> Data supplied:
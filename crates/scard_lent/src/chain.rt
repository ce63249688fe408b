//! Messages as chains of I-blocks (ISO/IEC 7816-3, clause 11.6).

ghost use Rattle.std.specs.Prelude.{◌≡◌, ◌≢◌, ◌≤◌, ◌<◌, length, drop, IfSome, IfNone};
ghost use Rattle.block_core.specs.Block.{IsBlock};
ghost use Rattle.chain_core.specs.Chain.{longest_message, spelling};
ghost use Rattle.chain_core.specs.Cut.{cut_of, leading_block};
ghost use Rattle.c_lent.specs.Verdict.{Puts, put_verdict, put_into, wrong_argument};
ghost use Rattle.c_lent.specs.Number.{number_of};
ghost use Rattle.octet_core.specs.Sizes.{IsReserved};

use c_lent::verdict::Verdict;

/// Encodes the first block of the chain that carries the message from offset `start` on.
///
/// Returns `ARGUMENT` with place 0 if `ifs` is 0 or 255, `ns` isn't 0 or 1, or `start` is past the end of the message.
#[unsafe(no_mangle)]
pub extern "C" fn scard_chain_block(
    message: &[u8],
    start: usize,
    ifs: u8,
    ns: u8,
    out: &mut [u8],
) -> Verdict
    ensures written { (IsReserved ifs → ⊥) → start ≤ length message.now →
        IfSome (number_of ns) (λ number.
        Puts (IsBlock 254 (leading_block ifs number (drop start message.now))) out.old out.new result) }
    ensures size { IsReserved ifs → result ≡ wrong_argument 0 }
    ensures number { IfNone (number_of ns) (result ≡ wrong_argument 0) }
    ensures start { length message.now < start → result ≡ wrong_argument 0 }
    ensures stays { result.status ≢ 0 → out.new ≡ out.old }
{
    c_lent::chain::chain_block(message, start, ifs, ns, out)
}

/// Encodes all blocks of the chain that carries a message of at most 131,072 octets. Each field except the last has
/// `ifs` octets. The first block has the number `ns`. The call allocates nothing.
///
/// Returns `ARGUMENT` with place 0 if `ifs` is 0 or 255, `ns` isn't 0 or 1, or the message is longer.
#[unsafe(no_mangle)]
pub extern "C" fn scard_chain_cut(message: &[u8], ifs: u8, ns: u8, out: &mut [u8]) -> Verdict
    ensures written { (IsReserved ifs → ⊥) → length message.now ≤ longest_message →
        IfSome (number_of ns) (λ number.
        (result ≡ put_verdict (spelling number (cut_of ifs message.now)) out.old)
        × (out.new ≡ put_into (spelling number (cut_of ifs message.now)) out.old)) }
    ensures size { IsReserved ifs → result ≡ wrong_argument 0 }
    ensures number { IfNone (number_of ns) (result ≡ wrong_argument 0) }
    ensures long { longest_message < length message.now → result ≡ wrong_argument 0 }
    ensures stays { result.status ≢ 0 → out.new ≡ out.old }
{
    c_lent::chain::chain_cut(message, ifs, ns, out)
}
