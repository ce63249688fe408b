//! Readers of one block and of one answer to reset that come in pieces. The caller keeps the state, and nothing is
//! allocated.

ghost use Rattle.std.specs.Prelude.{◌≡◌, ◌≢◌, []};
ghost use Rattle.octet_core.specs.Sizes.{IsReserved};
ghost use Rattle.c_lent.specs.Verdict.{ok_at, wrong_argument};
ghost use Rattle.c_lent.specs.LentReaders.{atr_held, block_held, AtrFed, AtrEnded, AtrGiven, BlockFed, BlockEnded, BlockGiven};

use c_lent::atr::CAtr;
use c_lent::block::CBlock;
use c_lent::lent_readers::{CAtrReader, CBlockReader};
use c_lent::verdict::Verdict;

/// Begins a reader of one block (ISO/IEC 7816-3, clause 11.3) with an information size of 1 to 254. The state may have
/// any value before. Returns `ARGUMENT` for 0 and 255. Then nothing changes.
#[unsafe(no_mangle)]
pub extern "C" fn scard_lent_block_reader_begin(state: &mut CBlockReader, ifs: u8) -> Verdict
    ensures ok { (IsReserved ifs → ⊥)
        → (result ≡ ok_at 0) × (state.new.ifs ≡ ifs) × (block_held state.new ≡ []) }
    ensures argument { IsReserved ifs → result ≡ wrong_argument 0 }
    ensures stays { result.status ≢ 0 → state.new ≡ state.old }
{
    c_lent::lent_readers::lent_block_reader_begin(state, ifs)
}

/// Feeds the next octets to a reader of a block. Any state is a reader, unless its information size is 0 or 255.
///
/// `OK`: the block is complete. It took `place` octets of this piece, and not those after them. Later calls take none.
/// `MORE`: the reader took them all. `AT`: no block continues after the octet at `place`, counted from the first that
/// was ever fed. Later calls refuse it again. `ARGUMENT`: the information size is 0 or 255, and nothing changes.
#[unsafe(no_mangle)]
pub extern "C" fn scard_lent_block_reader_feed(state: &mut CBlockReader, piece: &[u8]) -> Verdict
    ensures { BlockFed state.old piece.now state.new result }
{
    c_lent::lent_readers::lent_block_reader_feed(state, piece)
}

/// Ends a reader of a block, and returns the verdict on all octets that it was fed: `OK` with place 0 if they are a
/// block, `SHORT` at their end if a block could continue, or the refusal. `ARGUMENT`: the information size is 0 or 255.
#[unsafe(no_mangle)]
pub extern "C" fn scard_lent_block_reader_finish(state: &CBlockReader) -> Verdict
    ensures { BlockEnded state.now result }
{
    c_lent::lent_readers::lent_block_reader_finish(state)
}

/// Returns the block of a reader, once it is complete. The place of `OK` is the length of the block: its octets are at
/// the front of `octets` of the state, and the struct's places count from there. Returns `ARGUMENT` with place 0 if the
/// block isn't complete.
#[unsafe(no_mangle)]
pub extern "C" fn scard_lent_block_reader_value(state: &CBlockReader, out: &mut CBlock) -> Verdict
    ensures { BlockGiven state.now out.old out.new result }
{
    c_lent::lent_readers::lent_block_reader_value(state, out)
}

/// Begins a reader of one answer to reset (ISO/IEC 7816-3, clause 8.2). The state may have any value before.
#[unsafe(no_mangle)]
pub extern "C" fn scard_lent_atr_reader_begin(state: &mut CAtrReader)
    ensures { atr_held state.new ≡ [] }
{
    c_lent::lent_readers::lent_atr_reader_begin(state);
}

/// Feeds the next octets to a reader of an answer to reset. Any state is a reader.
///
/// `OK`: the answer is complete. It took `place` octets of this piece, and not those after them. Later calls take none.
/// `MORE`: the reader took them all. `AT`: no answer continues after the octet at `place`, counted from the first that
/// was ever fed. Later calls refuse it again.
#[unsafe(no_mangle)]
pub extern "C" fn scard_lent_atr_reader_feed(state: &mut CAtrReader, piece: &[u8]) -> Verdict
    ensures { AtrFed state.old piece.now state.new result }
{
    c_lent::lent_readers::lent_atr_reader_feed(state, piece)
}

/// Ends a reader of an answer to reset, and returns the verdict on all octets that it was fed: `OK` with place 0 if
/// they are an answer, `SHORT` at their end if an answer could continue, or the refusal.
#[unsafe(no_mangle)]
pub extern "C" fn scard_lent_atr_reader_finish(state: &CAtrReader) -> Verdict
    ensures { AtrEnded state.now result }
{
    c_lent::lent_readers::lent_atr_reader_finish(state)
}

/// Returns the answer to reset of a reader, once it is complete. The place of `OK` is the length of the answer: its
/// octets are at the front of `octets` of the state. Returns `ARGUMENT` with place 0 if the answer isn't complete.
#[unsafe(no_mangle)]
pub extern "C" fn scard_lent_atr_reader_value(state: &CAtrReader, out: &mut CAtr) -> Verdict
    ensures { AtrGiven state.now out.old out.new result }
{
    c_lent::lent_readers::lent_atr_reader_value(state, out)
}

> Task:
Each record should come back exactly as written.

> Result of the task:
filename crates/scard_lent/src/chain.rt
repository ce63249688fe408b
//! Messages as chains of I-blocks (ISO/IEC 7816-3, clause 11.6).

ghost use Rattle.std.specs.Prelude.{◌≡◌, ◌≢◌, ◌≤◌, ◌<◌, length, drop, IfSome, IfNone};
ghost use Rattle.block_core.specs.Block.{IsBlock};
ghost use Rattle.chain_core.specs.Chain.{longest_message, spelling};
ghost use Rattle.chain_core.specs.Cut.{cut_of, leading_block};
ghost use Rattle.c_lent.specs.Verdict.{Puts, put_verdict, put_into, wrong_argument};
ghost use Rattle.c_lent.specs.Number.{number_of};
ghost use Rattle.octet_core.specs.Sizes.{IsReserved};

use c_lent::verdict::Verdict;

/// Encodes the first block of the chain that carries the message from offset `start` on.
///
/// Returns `ARGUMENT` with place 0 if `ifs` is 0 or 255, `ns` isn't 0 or 1, or `start` is past the end of the message.
#[unsafe(no_mangle)]
pub extern "C" fn scard_chain_block(
    message: &[u8],
    start: usize,
    ifs: u8,
    ns: u8,
    out: &mut [u8],
) -> Verdict
    ensures written { (IsReserved ifs → ⊥) → start ≤ length message.now →
        IfSome (number_of ns) (λ number.
        Puts (IsBlock 254 (leading_block ifs number (drop start message.now))) out.old out.new result) }
    ensures size { IsReserved ifs → result ≡ wrong_argument 0 }
    ensures number { IfNone (number_of ns) (result ≡ wrong_argument 0) }
    ensures start { length message.now < start → result ≡ wrong_argument 0 }
    ensures stays { result.status ≢ 0 → out.new ≡ out.old }
{
    c_lent::chain::chain_block(message, start, ifs, ns, out)
}

/// Encodes all blocks of the chain that carries a message of at most 131,072 octets. Each field except the last has
/// `ifs` octets. The first block has the number `ns`. The call allocates nothing.
///
/// Returns `ARGUMENT` with place 0 if `ifs` is 0 or 255, `ns` isn't 0 or 1, or the message is longer.
#[unsafe(no_mangle)]
pub extern "C" fn scard_chain_cut(message: &[u8], ifs: u8, ns: u8, out: &mut [u8]) -> Verdict
    ensures written { (IsReserved ifs → ⊥) → length message.now ≤ longest_message →
        IfSome (number_of ns) (λ number.
        (result ≡ put_verdict (spelling number (cut_of ifs message.now)) out.old)
        × (out.new ≡ put_into (spelling number (cut_of ifs message.now)) out.old)) }
    ensures size { IsReserved ifs → result ≡ wrong_argument 0 }
    ensures number { IfNone (number_of ns) (result ≡ wrong_argument 0) }
    ensures long { longest_message < length message.now → result ≡ wrong_argument 0 }
    ensures stays { result.status ≢ 0 → out.new ≡ out.old }
{
    c_lent::chain::chain_cut(message, ifs, ns, out)
}
repository ce63249688fe408b
//! Readers of one block and of one answer to reset that come in pieces. The caller keeps the state, and nothing is
//! allocated.

ghost use Rattle.std.specs.Prelude.{◌≡◌, ◌≢◌, []};
ghost use Rattle.octet_core.specs.Sizes.{IsReserved};
ghost use Rattle.c_lent.specs.Verdict.{ok_at, wrong_argument};
ghost use Rattle.c_lent.specs.LentReaders.{atr_held, block_held, AtrFed, AtrEnded, AtrGiven, BlockFed, BlockEnded, BlockGiven};

use c_lent::atr::CAtr;
use c_lent::block::CBlock;
use c_lent::lent_readers::{CAtrReader, CBlockReader};
use c_lent::verdict::Verdict;

/// Begins a reader of one block (ISO/IEC 7816-3, clause 11.3) with an information size of 1 to 254. The state may have
/// any value before. Returns `ARGUMENT` for 0 and 255. Then nothing changes.
#[unsafe(no_mangle)]
pub extern "C" fn scard_lent_block_reader_begin(state: &mut CBlockReader, ifs: u8) -> Verdict
    ensures ok { (IsReserved ifs → ⊥)
        → (result ≡ ok_at 0) × (state.new.ifs ≡ ifs) × (block_held state.new ≡ []) }
    ensures argument { IsReserved ifs → result ≡ wrong_argument 0 }
    ensures stays { result.status ≢ 0 → state.new ≡ state.old }
{
    c_lent::lent_readers::lent_block_reader_begin(state, ifs)
}

/// Feeds the next octets to a reader of a block. Any state is a reader, unless its information size is 0 or 255.
///
/// `OK`: the block is complete. It took `place` octets of this piece, and not those after them. Later calls take none.
/// `MORE`: the reader took them all. `AT`: no block continues after the octet at `place`, counted from the first that
/// was ever fed. Later calls refuse it again. `ARGUMENT`: the information size is 0 or 255, and nothing changes.
#[unsafe(no_mangle)]
pub extern "C" fn scard_lent_block_reader_feed(state: &mut CBlockReader, piece: &[u8]) -> Verdict
    ensures { BlockFed state.old piece.now state.new result }
{
    c_lent::lent_readers::lent_block_reader_feed(state, piece)
}

/// Ends a reader of a block, and returns the verdict on all octets that it was fed: `OK` with place 0 if they are a
/// block, `SHORT` at their end if a block could continue, or the refusal. `ARGUMENT`: the information size is 0 or 255.
#[unsafe(no_mangle)]
pub extern "C" fn scard_lent_block_reader_finish(state: &CBlockReader) -> Verdict
    ensures { BlockEnded state.now result }
{
    c_lent::lent_readers::lent_block_reader_finish(state)
}

/// Returns the block of a reader, once it is complete. The place of `OK` is the length of the block: its octets are at
/// the front of `octets` of the state, and the struct's places count from there. Returns `ARGUMENT` with place 0 if the
/// block isn't complete.
#[unsafe(no_mangle)]
pub extern "C" fn scard_lent_block_reader_value(state: &CBlockReader, out: &mut CBlock) -> Verdict
    ensures { BlockGiven state.now out.old out.new result }
{
    c_lent::lent_readers::lent_block_reader_value(state, out)
}

/// Begins a reader of one answer to reset (ISO/IEC 7816-3, clause 8.2). The state may have any value before.
#[unsafe(no_mangle)]
pub extern "C" fn scard_lent_atr_reader_begin(state: &mut CAtrReader)
    ensures { atr_held state.new ≡ [] }
{
    c_lent::lent_readers::lent_atr_reader_begin(state);
}

/// Feeds the next octets to a reader of an answer to reset. Any state is a reader.
///
/// `OK`: the answer is complete. It took `place` octets of this piece, and not those after them. Later calls take none.
/// `MORE`: the reader took them all. `AT`: no answer continues after the octet at `place`, counted from the first that
/// was ever fed. Later calls refuse it again.
#[unsafe(no_mangle)]
pub extern "C" fn scard_lent_atr_reader_feed(state: &mut CAtrReader, piece: &[u8]) -> Verdict
    ensures { AtrFed state.old piece.now state.new result }
{
    c_lent::lent_readers::lent_atr_reader_feed(state, piece)
}

/// Ends a reader of an answer to reset, and returns the verdict on all octets that it was fed: `OK` with place 0 if
/// they are an answer, `SHORT` at their end if an answer could continue, or the refusal.
#[unsafe(no_mangle)]
pub extern "C" fn scard_lent_atr_reader_finish(state: &CAtrReader) -> Verdict
    ensures { AtrEnded state.now result }
{
    c_lent::lent_readers::lent_atr_reader_finish(state)
}

/// Returns the answer to reset of a reader, once it is complete. The place of `OK` is the length of the answer: its
/// octets are at the front of `octets` of the state. Returns `ARGUMENT` with place 0 if the answer isn't complete.
#[unsafe(no_mangle)]
pub extern "C" fn scard_lent_atr_reader_value(state: &CAtrReader, out: &mut CAtr) -> Verdict
    ensures { AtrGiven state.now out.old out.new result }
{
    c_lent::lent_readers::lent_atr_reader_value(state, out)
}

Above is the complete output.